◆ Exercise
Your job is to print the listing exactly.
<<<<
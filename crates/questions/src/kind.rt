ghost use Rattle.std.specs.Prelude.{Some};
ghost use Rattle.questions.specs.KindTexts.{kind_text};

use std::fmt;

/// What a defect does to the wires and vias under it.
#[derive(Clone, Copy, PartialEq, Eq)]
pub enum Kind {
    /// It touches two nets of a metal.
    Short,
    /// It parts two terminals that a metal joins.
    Open,
    /// It covers a whole cluster of contacts.
    Via,
}

impl fmt::Display for Kind {
    ghost output = { λ kind. Some (kind_text kind) };

    fn fmt<W: fmt::Write>(&self, f: &mut fmt::Formatter<W>) -> fmt::Result {
        f.write_str(match self {
            Kind::Short => "short",
            Kind::Open => "open",
            Kind::Via => "via",
        })
    }
}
>>>>
◆ Answer below
filename crates/questions/src/kind.rt
ghost use Rattle.std.specs.Prelude.{Some};
ghost use Rattle.questions.specs.KindTexts.{kind_text};

use std::fmt;

/// What a defect does to the wires and vias under it.
#[derive(Clone, Copy, PartialEq, Eq)]
pub enum Kind {
    /// It touches two nets of a metal.
    Short,
    /// It parts two terminals that a metal joins.
    Open,
    /// It covers a whole cluster of contacts.
    Via,
}

impl fmt::Display for Kind {
    ghost output = { λ kind. Some (kind_text kind) };

    fn fmt<W: fmt::Write>(&self, f: &mut fmt::Formatter<W>) -> fmt::Result {
        f.write_str(match self {
            Kind::Short => "short",
            Kind::Open => "open",
            Kind::Via => "via",
        })
    }
}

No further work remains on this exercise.